お友だちもたくさんいて、みんなそれぞれとっても美しい色をしています。
でも、一番の仲良しはきいろちゃん。
ある日、お留守番を頼まれたあおくんだけれど、どうしてもきいろちゃんに会いたくて、遊びに出かけてしまいます。そうして出会ったふたりは、嬉しくて嬉しくて「みどり」になってしまうのです。そのまま家に帰ると、あおくんの家でもきいろちゃんの家でも「うちのこじゃない」と言われてしまい、大粒の涙を流すのですが……。

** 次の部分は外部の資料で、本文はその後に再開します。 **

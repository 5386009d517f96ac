// This file tests the lists that split the runs of a program, also to writers that fail and where memory
// is refused.

use crate::tests::explorers::BRANCHES;
use crate::tests::shared::{
    Row, are_asked, are_viewed, expect_rows, expect_same, loaded, plain_rules, table,
};
use crate::tests::written_rows::{Source, Writing, Written, expect_begun};
use ptb_explore::{Beginnings, ExploreFault, Form, write_beginnings};
use ptb_text::Device;
use std::alloc::{AllocError, Global};
use std::test::Fail;

// The lists of a program, of so many answers at most.
struct Split(usize, Form);

impl Writing for Split {
    fn write(&self, source: &Source, room: &mut [u8]) -> Result<u64, ExploreFault> {
        let rules = plain_rules(10000);
        match Beginnings::start(source.alloc, &source.program, &source.lines, rules, self.0) {
            Ok(mut lists) => write_beginnings(&mut lists, self.1, &mut Device::new(room)),
            Err(_) => Err(ExploreFault::Memory(0)),
        }
    }
}

const ROWS: &[Written<Split>] = table! { Written:
    (BRANCHES, "", Split(1, Form::Two), &["1/2\n", "2/2\n"]),
    (BRANCHES, "", Split(2, Form::Two), &["1/2\n", "2/2,1/3\n", "2/2,2/3\n", "2/2,3/3\n"]),
    (BRANCHES, "", Split(64, Form::Two), &["1/2\n", "2/2,1/3\n", "2/2,2/3\n", "2/2,3/3\n"]),
    ("", "", Split(1, Form::Two), &["none\n"]),
    ("10 P.RND(2)", "", Split(0, Form::Two), &["none\n"]),
    // a list that ends within a command, a bound that an answer sets, and a fault
    ("10 P.RND(2)*RND(3)", "", Split(1, Form::Two), &["1/2\n", "2/2\n"]),
    ("10 A=RND(3);B=RND(A);C=RND(B)", "", Split(2, Form::Two),
     &["1/3,1/1\n", "2/3,1/2\n", "2/3,2/2\n", "3/3,1/3\n", "3/3,2/3\n", "3/3,3/3\n"]),
    ("10 A=RND(2)-1;B=RND(A);C=RND(2)", "", Split(2, Form::Two), &["1/2\n", "2/2,1/1\n"]),
    // each play begins with the first line; without one a run is over
    ("10 INPUT A;B=RND(A);INPUT C", "2\nRND(2)\n", Split(2, Form::Two),
     &["1/2,1/2\n", "1/2,2/2\n", "2/2,1/2\n", "2/2,2/2\n"]),
    ("10 INPUT A;B=RND(2)", "", Split(1, Form::Two), &["none\n"]),
    // a program that never ends
    ("10 A=RND(2);GOTO 10", "", Split(2, Form::Two), &["1/2,1/2\n", "1/2,2/2\n", "2/2,1/2\n", "2/2,2/2\n"]),
};

// The lists of the branches in form 1.
const FEWER: Written<Split> = Written(
    BRANCHES,
    "",
    Split(2, Form::One),
    &["1\n", "2,1\n", "2,2\n", "2,3\n"],
);

#[test]
fn writes_lists(rt: HostRuntime) {
    expect_rows(&rt, "lists", &rt.alloc(), ROWS);
    expect_rows(&rt, "lists in form 1", &rt.alloc(), &[FEWER]);
}

// Whether the next list has these answers and bounds.
fn is_next(lists: &mut Beginnings, answers: &[i16], bounds: &[i16]) -> bool {
    matches!(lists.next(), Ok(true))
        && are_asked(lists.asked(), answers, bounds)
        && are_viewed(lists.answers(), lists.bounds(), answers, bounds)
}

// Whether no list is left.
fn is_none_left(lists: &mut Beginnings) -> bool {
    matches!(lists.next(), Ok(false))
}

// The answers and the bounds of the branches' lists.
const ASKED: &[(&[i16], &[i16])] = &[
    (&[1], &[2]),
    (&[2, 1], &[2, 3]),
    (&[2, 2], &[2, 3]),
    (&[2, 3], &[2, 3]),
];

// After the last list every call says that there is none.
#[test]
fn one_list_after_the_other(rt: HostRuntime) -> Result<(), Fail> {
    let (program, lines) = loaded(rt.alloc(), BRANCHES, "")?;
    let mut lists = Beginnings::start(rt.alloc(), &program, &lines, plain_rules(10000), 2)?;
    for &(answers, bounds) in ASKED {
        let found = is_next(&mut lists, answers, bounds);
        expect_same(&rt, "a list", (answers, found), (answers, true));
    }
    let none = (is_none_left(&mut lists), is_none_left(&mut lists));
    expect_same(&rt, "no list is left", none, (true, true));
    Ok(())
}

// A program, the most answers of its lists, and how many commands were played once each of them is
// found.
struct Played(&'static str, usize, &'static [u64]);

// Whether so many commands were played after each list, and no more to find that none is left.
fn are_played(lists: &mut Beginnings, counts: &[u64]) -> bool {
    let mut last = 0;
    for &count in counts {
        if !matches!(lists.next(), Ok(true)) || lists.played() != count {
            return false;
        }
        last = count;
    }
    is_none_left(lists) && lists.played() == last
}

impl Row<Global> for Played {
    fn holds(&self, alloc: &Global) -> bool {
        let Played(text, most, counts) = *self;
        let Ok((program, lines)) = loaded(*alloc, text, "") else {
            return false;
        };
        match Beginnings::start(*alloc, &program, &lines, plain_rules(10000), most) {
            Ok(mut lists) => are_played(&mut lists, counts),
            Err(AllocError) => false,
        }
    }
}

const PLAYED: &[Played] = table! { Played:
    // a play stops at the question after its first answers, whose command is begun; what follows is never played
    ("10 A=RND(2)\n20 B=RND(3)\n30 GOTO 30", 1, &[2, 4]),
    // the commands that a list has in common with the one before are not played again
    ("10 A=RND(2)\n20 B=RND(3)\n30 C=RND(4)\n40 GOTO 40", 2, &[3, 5, 7, 10, 12, 14]),
    // a run of fewer answers is played to its end
    ("10 A=RND(2);IF A=2 B=RND(2)", 64, &[2, 5, 7]),
};

#[test]
fn lists_are_played_to_their_last_question(rt: HostRuntime) {
    expect_rows(&rt, "played", &rt.alloc(), PLAYED);
}

// Passes whichever of its allocations is refused: the lines that are counted were written, and no
// others.
#[test]
fn refused_lists_end_with_a_line(rt: HostRuntime) -> Result<(), Fail> {
    expect_begun(&rt, rt.alloc(), &FEWER)
}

物語の終盤になってくると、いつの間にかふたりに感情移入をしている自分に驚きます。表情は見えなくとも、その悲しみや喜びをはっきりと感じとることができるのです。これが色の持つ力でしょうか。おはなしから刺激される想像力でしょうか。嬉しすぎて色が重なり、全く違う「みどり」になるという現象は、何年経ってもずっと心に残る出来事となっていくでしょう。
年齢を超えて、味わってもらいたい絵本です。
(磯崎園子 絵本ナビ編集長)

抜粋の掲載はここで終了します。